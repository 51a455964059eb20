//! The report of a plan.
ghost use Rattle.std.specs.Prelude.{◌≡◌, ◌++◌, ◌<◌, ◌^◌, OnOk, IfOk, string_bytes, length};
ghost use Rattle.amo_plan.specs.PlanSeen.{plan_seen};
ghost use Rattle.amo_report.specs.Report.{happened_lines, closing_lines, report_lines};
ghost use Rattle.amo_report.specs.Texts.{report_in};

use crate::running::all_turns;
use amo_kk::Event;
use amo_kk::laws::runs_are_short;
use amo_plan::Plan;
use amo_render::{
    push_events, push_first_line, push_performed, push_results, push_unclaimed, push_workers,
};
use amo_world::World;
use std::alloc::{AllocError, Global};

/// Appends what happened.
#[tactic(auto, unfolding(crate::specs::Report::happened_lines))]
fn push_happened(out: &mut String, history: &[Event], turns: &[u64]) -> Result<(), AllocError>
    ensures { OnOk result (string_bytes out.new ≡ string_bytes out.old ++ happened_lines history.now turns.now) }
{
    push_events(out, history)?;
    push_workers(out, history, turns)
}

/// Appends the lines that close a report: the results.
#[tactic(auto, unfolding(crate::specs::Report::closing_lines))]
fn push_closing(
    alloc: Global,
    out: &mut String,
    plan: &Plan,
    history: &[Event],
) -> Result<(), AllocError>
    requires { length history.now < 2 ^ 32 }
    ensures { OnOk result (string_bytes out.new ≡ string_bytes out.old ++ closing_lines (plan_seen plan.now) history.now) }
{
    let heads = &plan.heads;
    let names = heads.names.as_slice();
    push_results(
        alloc,
        out,
        heads.block,
        names,
        plan.tasks.as_slice(),
        history,
    )?;
    push_performed(out, heads, history)?;
    push_unclaimed(alloc, out, heads.givens.jobs, history)
}

/// Returns the report of a plan with this history and these numbers of turns. Fails if there was no
/// memory.
#[tactic(auto, unfolding(crate::specs::Report::report_lines))]
fn history_report(
    alloc: Global,
    plan: &Plan,
    history: &[Event],
    turns: &[u64],
) -> Result<String, AllocError>
    requires { length history.now < 2 ^ 32 }
    ensures { IfOk result (λ s. string_bytes s ≡ report_lines (plan_seen plan.now) history.now turns.now) }
{
    let mut out = String::new(alloc);
    push_first_line(&mut out, &plan.heads)?;
    push_happened(&mut out, history, turns)?;
    push_closing(alloc, &mut out, plan, history)?;
    Ok(out)
}

/// Returns the report of a plan in a world of the plan's givens. It has the plan's numbers, the
/// history, the end of each worker, the results of done jobs, and the jobs that nobody has claimed.
///
/// # Errors
///
/// `AllocError` if memory is refused.
///
/// # Examples
///
/// ```
/// use amo_plan::read_plan;
/// use amo_report::{all_turns, report_text};
/// use amo_world::World;
///
/// let text = "version = 1
/// workers = 1
/// beta = 1
/// job = [{name = \"a\", say = \"hi\"}]
/// ";
/// let plan = read_plan(rt.alloc(), text.as_bytes())?;
/// let mut world = World::new(rt.alloc(), plan.heads.givens)?;
/// world.run_alone(1);
/// assert_eq!(rt; all_turns(rt.alloc(), &world)?.as_slice(), [2].as_slice());
/// let report = report_text(rt.alloc(), &plan, &world)?;
/// assert!(rt; report.as_str().starts_with("jobs 1 workers 1 beta 1 bound 1\n1 claimed 1 1\n"));
/// ```
pub fn report_text(alloc: Global, plan: &Plan, world: &World) -> Result<String, AllocError>
    requires { world.now.givens ≡ plan.now.heads.givens }
    ensures { IfOk result (λ s. string_bytes s ≡ report_in (plan_seen plan.now) world.now.world) }
{
    runs_are_short();
    let turns = all_turns(alloc, world)?;
    history_report(alloc, plan, world.history(), &turns)
}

Work order: Produce the entries above once more, identical in every detail.

Response to this exercise:
repository 51a455964059eb20
//! The report of a plan.
ghost use Rattle.std.specs.Prelude.{◌≡◌, ◌++◌, ◌<◌, ◌^◌, OnOk, IfOk, string_bytes, length};
ghost use Rattle.amo_plan.specs.PlanSeen.{plan_seen};
ghost use Rattle.amo_report.specs.Report.{happened_lines, closing_lines, report_lines};
ghost use Rattle.amo_report.specs.Texts.{report_in};

use crate::running::all_turns;
use amo_kk::Event;
use amo_kk::laws::runs_are_short;
use amo_plan::Plan;
use amo_render::{
    push_events, push_first_line, push_performed, push_results, push_unclaimed, push_workers,
};
use amo_world::World;
use std::alloc::{AllocError, Global};

/// Appends what happened.
#[tactic(auto, unfolding(crate::specs::Report::happened_lines))]
fn push_happened(out: &mut String, history: &[Event], turns: &[u64]) -> Result<(), AllocError>
    ensures { OnOk result (string_bytes out.new ≡ string_bytes out.old ++ happened_lines history.now turns.now) }
{
    push_events(out, history)?;
    push_workers(out, history, turns)
}

/// Appends the lines that close a report: the results.
#[tactic(auto, unfolding(crate::specs::Report::closing_lines))]
fn push_closing(
    alloc: Global,
    out: &mut String,
    plan: &Plan,
    history: &[Event],
) -> Result<(), AllocError>
    requires { length history.now < 2 ^ 32 }
    ensures { OnOk result (string_bytes out.new ≡ string_bytes out.old ++ closing_lines (plan_seen plan.now) history.now) }
{
    let heads = &plan.heads;
    let names = heads.names.as_slice();
    push_results(
        alloc,
        out,
        heads.block,
        names,
        plan.tasks.as_slice(),
        history,
    )?;
    push_performed(out, heads, history)?;
    push_unclaimed(alloc, out, heads.givens.jobs, history)
}

/// Returns the report of a plan with this history and these numbers of turns. Fails if there was no
/// memory.
#[tactic(auto, unfolding(crate::specs::Report::report_lines))]
fn history_report(
    alloc: Global,
    plan: &Plan,
    history: &[Event],
    turns: &[u64],
) -> Result<String, AllocError>
    requires { length history.now < 2 ^ 32 }
    ensures { IfOk result (λ s. string_bytes s ≡ report_lines (plan_seen plan.now) history.now turns.now) }
{
    let mut out = String::new(alloc);
    push_first_line(&mut out, &plan.heads)?;
    push_happened(&mut out, history, turns)?;
    push_closing(alloc, &mut out, plan, history)?;
    Ok(out)
}

/// Returns the report of a plan in a world of the plan's givens. It has the plan's numbers, the
/// history, the end of each worker, the results of done jobs, and the jobs that nobody has claimed.
///
/// # Errors
///
/// `AllocError` if memory is refused.
///
/// # Examples
///
/// ```
/// use amo_plan::read_plan;
/// use amo_report::{all_turns, report_text};
/// use amo_world::World;
///
/// let text = "version = 1
/// workers = 1
/// beta = 1
/// job = [{name = \"a\", say = \"hi\"}]
/// ";
/// let plan = read_plan(rt.alloc(), text.as_bytes())?;
/// let mut world = World::new(rt.alloc(), plan.heads.givens)?;
/// world.run_alone(1);
/// assert_eq!(rt; all_turns(rt.alloc(), &world)?.as_slice(), [2].as_slice());
/// let report = report_text(rt.alloc(), &plan, &world)?;
/// assert!(rt; report.as_str().starts_with("jobs 1 workers 1 beta 1 bound 1\n1 claimed 1 1\n"));
/// ```
pub fn report_text(alloc: Global, plan: &Plan, world: &World) -> Result<String, AllocError>
    requires { world.now.givens ≡ plan.now.heads.givens }
    ensures { IfOk result (λ s. string_bytes s ≡ report_in (plan_seen plan.now) world.now.world) }
{
    runs_are_short();
    let turns = all_turns(alloc, world)?;
    history_report(alloc, plan, world.history(), &turns)
}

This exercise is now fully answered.